What is the right thing to do?
It’s the question that’s been keeping me awake for at least a week.
When I left April it was the wrong thing to do, but for the right reason. I didn’t love her. Or was it the right thing, done in entirely the wrong way?
Zoe says she loves me, and I at least believe that she believes herself. What I don’t doubt is my own love for her. I know because it is something I have never felt before. She will be standing beneath the departure boards now, checking her ticket and passport for perhaps the tenth time today. Waiting for me to arrive so we can both depart.
‘Which terminal?’ asks the cabbie.
‘Five, please.’
‘Anywhere nice?’
‘Thailand.’
‘Very exotic,’ he says. ‘Have you there in five minutes.’
The sky is noisy with low and looming aircraft. Our check-in is open and the ground crew will be preparing our own impassive jumbo jet. But isn’t boarding this plane another act of selfishness? Good for me, no doubt; but is it good for Zoe? Is it best for Zoe?
Over the last ten days we have worked our way through my small library of old movies. We watched everything but Casablanca. Zoe has never seen it, but I have and I know only too well how it ends. I slipped that particular classic into my bag and smuggled it out of the house like a piece of bad news.
‘Here we go, pal.
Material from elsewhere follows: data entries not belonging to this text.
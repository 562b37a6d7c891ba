//! Where two boots differ.

ghost use Rattle.std.specs.Prelude.{◌≡◌, ◌↔◌, List, IsTrue};
ghost use Rattle.boot_log.specs.declared.header.DeclaredAlgorithm.{DeclaredAlgorithm};
ghost use Rattle.boot_log.specs.Names.{IsLog, LogEvent, log_bytes, log_event_of};
ghost use Rattle.pcr_banks.specs.Names.{digest_in};
ghost use Rattle.boot_answers.specs.Differences.{AreOne, IsFirstDifference, IsKnown};

use crate::register_events::RegisterEvents;
use boot_log::{Event, LogView};
use pcr_banks::{Alg, Digest};

// Whether the digests are the same, or there is none in either.
fn are_same(first: Option<Digest>, other: Option<Digest>) -> bool
    ensures { IsTrue result ↔ (first ≡ other) }
{
    first == other
}

// Whether the event has a digest in the algorithm's bank.
fn has_digest(event: &Event<'_>, alg: Alg) -> bool
    ensures { IsTrue result ↔ IsKnown (digest_in event.now.digests alg) }
{
    event.digests.get(alg).is_some()
}

// Whether the events have the same digest in the algorithm's bank, or none.
fn extend_alike(event: &Event<'_>, other: &Event<'_>, alg: Alg) -> bool
    ensures { IsTrue result ↔ (digest_in event.now.digests alg ≡ digest_in other.now.digests alg) }
{
    are_same(event.digests.get(alg), other.digests.get(alg))
}

// Whether the events have one digest in the algorithm's bank.
fn extend_as_one(event: &Event<'_>, other: &Event<'_>, alg: Alg) -> bool
    ensures { IsTrue result ↔ AreOne (digest_in event.now.digests alg) (digest_in other.now.digests alg) }
{
    has_digest(event, alg) && extend_alike(event, other, alg)
}

/// How often the two logs extend the register by the same digests of the algorithm before they differ; `None` where they extend it alike. An
/// event without a digest of the algorithm is like none: logs without this bank differ at once. Two logs without events of the register are
/// alike, in whatever bank.
pub fn first_difference(
    log: &LogView<'_>,
    other: &LogView<'_>,
    alg: Alg,
    register: u32,
) -> Option<usize>
    ensures { (table rows : List DeclaredAlgorithm) (events others : List LogEvent) → IsLog (log_bytes log.now) table events
        → IsLog (log_bytes other.now) rows others → IsFirstDifference alg register events others result }
{
    let mut place: usize = 0;
    let mut events = RegisterEvents::new(log, register);
    let mut others = RegisterEvents::new(other, register);
    while let Some(event) = events.next_event() {
        let Some(other) = others.next_event() else {
            return Some(place);
        };
        if !extend_as_one(&event, &other, alg) {
            return Some(place);
        }
        let _read = events.count();
        place += 1;
    }
    match others.next_event() {
        Some(_) => Some(place),
        None => None,
    }
}
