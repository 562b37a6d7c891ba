//! What the told texts of both registers ask of Linux.

ghost use Rattle.std.specs.Prelude.{◌≡◌, ◌↔◌, IfOk, IsTrue, nat_lt, option_and_then, option_map, if◌then◌else◌, Some, None, List};
ghost use Rattle.std.specs.List.{list_all};
ghost use Rattle.std.specs.Str.{is_utf8};
ghost use Rattle.event_texts.specs.WideTexts.{wide_text};
ghost use Rattle.boot_log.specs.declared.header.DeclaredAlgorithm.{DeclaredAlgorithm};
ghost use Rattle.boot_log.specs.Names.{IsLog, LogEvent, log_bytes};
ghost use Rattle.boot_answers.specs.Commands.{said_of};
ghost use Rattle.boot_answers.specs.Policies.{Asks, ascii_only, read_text, IsAskingEvent, IsAskingIn, IsImaPolicy};

use crate::commands::{CommandText, STUB_REGISTER, told_text};
use crate::ima_options::{asks_to_measure, may_set_ima_policy};
use boot_log::LogView;
use event_texts::wide_text;
use measured_data::{GRUB_REGISTER, Pcr};
use std::alloc::{AllocError, Global};
use std::str;

/// What a text may ask of Linux.
#[derive(Clone, Copy)]
pub(crate) enum PolicyQuestion {
    /// To measure files.
    Measuring,
    /// A policy of its integrity measurement architecture (IMA), which may measure none.
    Policy,
}

// Whether the text asks this.
fn asks(alloc: Global, asked: PolicyQuestion, text: &CommandText<'_>) -> Result<bool, AllocError>
    ensures { IfOk result (λ asks. IsTrue asks ↔ Asks asked (read_text (said_of text.now))) }
{
    match text {
        CommandText::Grub(command) => Ok(asks_narrow(asked, command.text)),
        CommandText::Wide(text) => asks_wide(alloc, asked, text),
    }
}

// Whether the bytes, as a text, ask this.
fn asks_narrow(asked: PolicyQuestion, bytes: &[u8]) -> bool
    ensures { IsTrue result ↔ Asks asked (if is_utf8 bytes.now then Some bytes.now else None) }
{
    match str::from_utf8(bytes) {
        Ok(text) => asks_as(asked, Some(text)),
        Err(_) => asks_as(asked, None),
    }
}

// Whether the text in units of two bytes asks this.
fn asks_wide(alloc: Global, asked: PolicyQuestion, text: &[u8]) -> Result<bool, AllocError>
    ensures { IfOk result (λ asks. IsTrue asks ↔ Asks asked (option_and_then ascii_only (wide_text text.now))) }
{
    match wide_text(alloc, text)? {
        Some(text) => Ok(asks_as(asked, ascii_only(&text))),
        None => Ok(asks_as(asked, None)),
    }
}

// The text, if it is ASCII.
fn ascii_only(text: &str) -> Option<&str>
    ensures { option_map (λ text. text.now) result ≡ ascii_only text.now }
{
    if is_ascii(text.as_bytes()) {
        Some(text)
    } else {
        None
    }
}

// Whether no byte is above 127.
fn is_ascii(bytes: &[u8]) -> bool
    ensures { result ≡ list_all (λ byte. nat_lt byte 128) bytes.now }
{
    bytes.iter().all(|byte| *byte < 128)
}

// Whether the text asks this; `None` where it is not known.
fn asks_as(asked: PolicyQuestion, text: Option<&str>) -> bool
    ensures { IsTrue result ↔ Asks asked (option_map (λ text. text.now) text.entry) }
{
    match (asked, text) {
        (PolicyQuestion::Measuring, Some(text)) => asks_to_measure(text),
        (PolicyQuestion::Measuring, None) => false,
        (PolicyQuestion::Policy, Some(text)) => may_set_ima_policy(text),
        (PolicyQuestion::Policy, None) => true,
    }
}

/// What the told texts ask of Linux's integrity measurement architecture (IMA), with the number of the first event that asks: of register 8, or
/// else of register 12.
///
/// Root can append texts to both registers, and can extend one that the boot loader left empty. So `Asked` proves neither that Linux has a
/// policy nor that it measures files. That no text asks proves nothing either: it is `Unknown`.
#[derive(Clone, Copy, Debug, PartialEq, Eq)]
pub enum ImaPolicy {
    /// To measure files.
    Asked(usize),
    /// A text may ask for a policy.
    Possible(usize),
    /// No told text asks.
    Unknown,
}

// The number of the register's first event that asks this, if each before it tells a text.
fn first_asking(
    alloc: Global,
    asked: PolicyQuestion,
    log: &LogView<'_>,
    matched: &[Pcr],
    register: u32,
) -> Result<Option<usize>, AllocError>
    ensures { IfOk result (λ found. (table : List DeclaredAlgorithm) (events : List LogEvent) → IsLog (log_bytes log.now) table events
        → IsAskingIn asked matched.now register events found) }
{
    let mut events = log.events();
    while let Some(event) = events.next_event() {
        if event.is_extended_into(register) {
            let Some(text) = told_text(&event, matched) else {
                return Ok(None);
            };
            let is_asked = asks(alloc, asked, &text)?;
            if is_asked {
                return Ok(Some(events.count()));
            }
        }
    }
    Ok(None)
}

// The number of the first event that asks this.
fn asking_event(
    alloc: Global,
    asked: PolicyQuestion,
    log: &LogView<'_>,
    matched: &[Pcr],
) -> Result<Option<usize>, AllocError>
    ensures { IfOk result (λ found. (table : List DeclaredAlgorithm) (events : List LogEvent) → IsLog (log_bytes log.now) table events
        → IsAskingEvent asked matched.now events found) }
{
    let by_grub = first_asking(alloc, asked, log, matched, GRUB_REGISTER)?;
    if let Some(number) = by_grub {
        return Ok(Some(number));
    }
    let by_stub = first_asking(alloc, asked, log, matched, STUB_REGISTER)?;
    Ok(by_stub)
}

/// What the told texts ask, by the registers in `matched`, those that match. A text is told where each bank says it that answers for its register
/// ([`crate::told_text`]); none is taken from the events of a register after one that tells none.
///
/// Fails only if memory runs out.
pub fn ima_policy(
    alloc: Global,
    log: &LogView<'_>,
    matched: &[Pcr],
) -> Result<ImaPolicy, AllocError>
    ensures { IfOk result (λ policy. (table : List DeclaredAlgorithm) (events : List LogEvent) → IsLog (log_bytes log.now) table events
        → IsImaPolicy matched.now events policy) }
{
    let measuring = asking_event(alloc, PolicyQuestion::Measuring, log, matched)?;
    if let Some(number) = measuring {
        return Ok(ImaPolicy::Asked(number));
    }
    let policy = asking_event(alloc, PolicyQuestion::Policy, log, matched)?;
    match policy {
        Some(number) => Ok(ImaPolicy::Possible(number)),
        None => Ok(ImaPolicy::Unknown),
    }
}
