//! Whether a command line may ask for one of IMA's own policies, and whether it asks Linux to measure files.

ghost use Rattle.std.specs.Prelude.{◌≡◌, ◌↔◌, IsTrue, nat_eq, true, ◌⊎◌, codes};
ghost use Rattle.std.specs.List.{list_any, starts_with};
ghost use Rattle.boot_answers.specs.ImaPolicy.{MaySetImaPolicy, begins_option, is_between};
ghost use Rattle.boot_answers.specs.ImaMeasuring.{AsksToMeasure, BeginsMeasuring, stops};

/// How options that ask for a policy begin.
const POLICY_OPTIONS: [&[u8]; 8] = [
    b"ima_policy=",
    b"ima-policy=",
    b"ima_tcb",
    b"ima-tcb",
    b"ima_appraise_tcb",
    b"ima-appraise-tcb",
    b"ima_appraise-tcb",
    b"ima-appraise_tcb",
];

// Whether the bytes begin with one of these.
fn begins_any(options: &[&[u8]], bytes: &[u8]) -> bool
    ensures { result ≡ list_any (λ option. starts_with nat_eq bytes.now option.now) options.now }
{
    options.iter().any(|option| bytes.starts_with(option))
}

// Whether the bytes begin with such an option.
fn begins_option(bytes: &[u8]) -> bool
    ensures { result ≡ begins_option bytes.now }
{
    begins_any(&POLICY_OPTIONS, bytes)
}

// Whether the byte stands between words.
fn is_between(byte: u8) -> bool
    ensures { result ≡ is_between byte }
{
    (byte >= 9 && byte <= 13) || byte == 0x20 || byte == 0xA0 || byte == 0x22
}

// Whether a word begins here, and is such an option.
fn is_option(starts: bool, rest: &[u8]) -> bool
    ensures { IsTrue result ↔ ((starts ≡ true) × (begins_option rest.now ≡ true)) }
{
    starts && begins_option(rest)
}

/// Whether a word of the text begins with `ima_policy=`, `ima_tcb` or `ima_appraise_tcb`, with `-` for `_` or not. Words are divided by white
/// space and quotes. If none does and the text is Linux's command line, Linux was given no policy by it. If one does nothing is known: a policy
/// need not measure files, as `ima_policy=fail_securely`, and a value that Linux does not know is none. A text in units of two bytes must be
/// converted first; one that is no UTF-16 is unknown, and so is one that is no ASCII, since a stub may cut its units to bytes.
pub fn may_set_ima_policy(text: &str) -> bool
    ensures { IsTrue result ↔ MaySetImaPolicy text.now }
{
    let mut rest = text.as_bytes();
    let mut starts = true;
    while let Some((first, after)) = rest.split_first() {
        if is_option(starts, rest) {
            return true;
        }
        starts = is_between(*first);
        rest = after;
    }
    false
}

/// How options that ask to measure begin, with what ends a word or a value.
const MEASURING_OPTIONS: [&[u8]; 3] = [b"ima_tcb ", b"ima_policy=tcb ", b"ima_policy=tcb|"];

/// What nothing is read after.
const STOPPING: [&[u8]; 2] = [b"\"", b"--"];

// Whether nothing is read from here on.
fn stops(bytes: &[u8]) -> bool
    ensures { result ≡ stops bytes.now }
{
    begins_any(&STOPPING, bytes)
}

// Whether the bytes are an option that asks to measure.
fn is_measuring_option(bytes: &[u8]) -> bool
    ensures { IsTrue result ↔ ((bytes.now ≡ codes "ima_tcb") ⊎ (bytes.now ≡ codes "ima_policy=tcb")) }
{
    bytes == b"ima_tcb".as_slice() || bytes == b"ima_policy=tcb".as_slice()
}

// Whether the bytes begin with an option that asks to measure, or are one.
fn begins_measuring(bytes: &[u8]) -> bool
    ensures { IsTrue result ↔ BeginsMeasuring bytes.now }
{
    begins_any(&MEASURING_OPTIONS, bytes) || is_measuring_option(bytes)
}

// Whether a word begins here, and is such an option.
fn is_measuring(starts: bool, rest: &[u8]) -> bool
    ensures { IsTrue result ↔ ((starts ≡ true) × BeginsMeasuring rest.now) }
{
    starts && begins_measuring(rest)
}

/// Whether a word of the text is `ima_tcb`, or `ima_policy=` with `tcb` as its only or first value. Words are divided by spaces; from a quote
/// or `--` on none counts. A Linux with IMA whose command line is this text has a policy that measures files. That the text is its command line
/// is claimed. Where none does nothing is known: Linux reads more texts so.
pub fn asks_to_measure(text: &str) -> bool
    ensures { IsTrue result ↔ AsksToMeasure text.now }
{
    let mut rest = text.as_bytes();
    let mut starts = true;
    while let Some((first, after)) = rest.split_first() {
        if stops(rest) {
            return false;
        }
        if is_measuring(starts, rest) {
            return true;
        }
        starts = *first == 0x20;
        rest = after;
    }
    false
}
What time’s your flight?’
The driver pulls up outside the airport and punches up my fare.
‘Little under two hours,’ I tell him.
‘Perfect timing.’
‘First time for everything,’ I say, handing over the money and climbing out onto the pavement.
On the cover of Casablanca, Rick Blaine stands with his hands in the pockets of his raincoat, behind him is the twin-engine plane ready to fly him and his love to freedom. But Rick won’t be getting on the plane. Because Rick knows the answer; he knows the right thing to do. Heathrow Airport lacks the dusty romance of Casablanca. The planes are too big, numerous and impersonal. And I have neither raincoat nor fedora, but I do have the chance to do something right for once.
Zoe said she needs to find herself.
I’ve already found her. And I love her; not simply as a romantic idea, but as a deep and physical conviction. I found her, now it’s her turn.
The automatic doors open to the noise and motion of ten thousand travellers. There is a jolt of something like panic – a temptation to turn around, flag down the next cab and head . . . where, I don’t know. But the urge is as fleeting as it is visceral.
I have to face Zoe.
I have to tell her I love her, and then I have to walk away.